The Healthyish Guide to Your 30s

Our best advice for how to cook, shop, date, and generally survive your best (or maybe worst?) decade yet.

Every time I sat down to write this introduction, I laughed. Me? Introduce the Healthyish Guide to Your 30s? I’m less than a third of the way into this weird, wild decade, and my life feels like barely contained chaos. At least I'm not alone: A lot of my thirtysomething friends feel the same, whether they’re single or coupled or otherwise, with a six-figure salary or $600 in the bank, two kids or two dead houseplants. It’s like we all heaved a sigh of relief at the end of our 20s, only to realize with horror that the next decade wasn’t going to be any easier, and actually, in some ways, it was going to be harder. Sure, we may know ourselves better and all that stuff we tell ourselves, but everything around us is going to keep changing—we’re going to keep changing—and are we always going to feel like we're just catching up?

I thought 32 would be the year that everything fell into place, because, well, things were falling into place. Ever since I turned 30, I’d felt a sort of settling happening, which seemed right according to societal expectations and most rom coms. I loved my job, my partner, my best friends, and I loved New York. I ran my first 10K on my birthday, a longtime goal. I finally figured out how to like my hair, not to mention the rest of my body. I discovered Crest White Strips! For the first time in my life, I had enough money to not have to worry every week of every month. The rest of the decade stretched ahead, a road paved with possibility and good hair days, and I thought I saw where it would lead.

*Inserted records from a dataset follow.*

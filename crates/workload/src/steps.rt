//! What the workload does, step by step, and the statement of each step.

ghost use Rattle.std.specs.Prelude.{◌≡◌, IfOk, string_bytes};
ghost use Rattle.workload.specs.Workload.{insert_text, text_of, update_text};

use std::alloc::{AllocError, Global};
use tuple_codec::Text;

/// A row of the workload's table.
#[derive(Clone, Copy)]
pub struct Pair {
    pub key: u64,
    pub value: u64,
}

/// What a statement of the workload does.
#[derive(Clone, Copy)]
pub enum LoadStep {
    /// A transaction begins.
    Begins,
    /// The table is made where there is none.
    Makes,
    /// A row more.
    Inserts(Pair),
    /// A new value under the key.
    Updates(Pair),
    /// The transaction is committed.
    Commits,
}

impl LoadStep {
    /// The statement that says it.
    pub fn text(self, alloc: Global) -> Result<Text, AllocError>
        ensures { IfOk result (λ text. text ≡ text_of self) }
    {
        match self {
            LoadStep::Begins => Text::from_slice(alloc, b"BEGIN"),
            LoadStep::Makes => Text::from_slice(
                alloc,
                b"CREATE TABLE IF NOT EXISTS load_rows (id BIGINT PRIMARY KEY, v BIGINT)",
            ),
            LoadStep::Inserts(pair) => {
                Ok(bytes_of(insert_statement(alloc, pair.key, pair.value)?))
            }
            LoadStep::Updates(pair) => {
                Ok(bytes_of(update_statement(alloc, pair.key, pair.value)?))
            }
            LoadStep::Commits => Text::from_slice(alloc, b"COMMIT"),
        }
    }
}

/// The statement that writes a row.
fn insert_statement(alloc: Global, key: u64, value: u64) -> Result<String, AllocError>
    ensures { IfOk result (λ text. string_bytes text ≡ insert_text key value) }
{
    format!(in alloc; "INSERT INTO load_rows VALUES ({key},{value})")
}

/// The statement that gives a row a new value.
fn update_statement(alloc: Global, key: u64, value: u64) -> Result<String, AllocError>
    ensures { IfOk result (λ text. string_bytes text ≡ update_text key value) }
{
    format!(in alloc; "UPDATE load_rows SET v = {value} WHERE id = {key}")
}

/// The bytes of a text that was put together.
fn bytes_of(text: String) -> Text
    ensures { result ≡ string_bytes text }
{
    Text::from_vec(text.into_bytes())
}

You know what happens next. Okay, it didn’t all go wrong. And not so much “wrong” as very much not the way I expected. Six months after my 32nd birthday, I’d lost two best friends to jobs in other cities, my relationship fell out from under me, I got a back injury from running, had a bad health scare, and—after an expensive move—found myself back in a financial hole.

I did all the things that needed to be done. I hired the movers, bought the furniture, made the doctors’ appointments, found the therapist, paid the credit card bills, did the yoga, got myself to work, and cried, cried, cried like everyone told me I would. And then, after the basic logistics were handled and it was just me and the tears, I decided to have a ridiculously impulsive, borderline irresponsible good time.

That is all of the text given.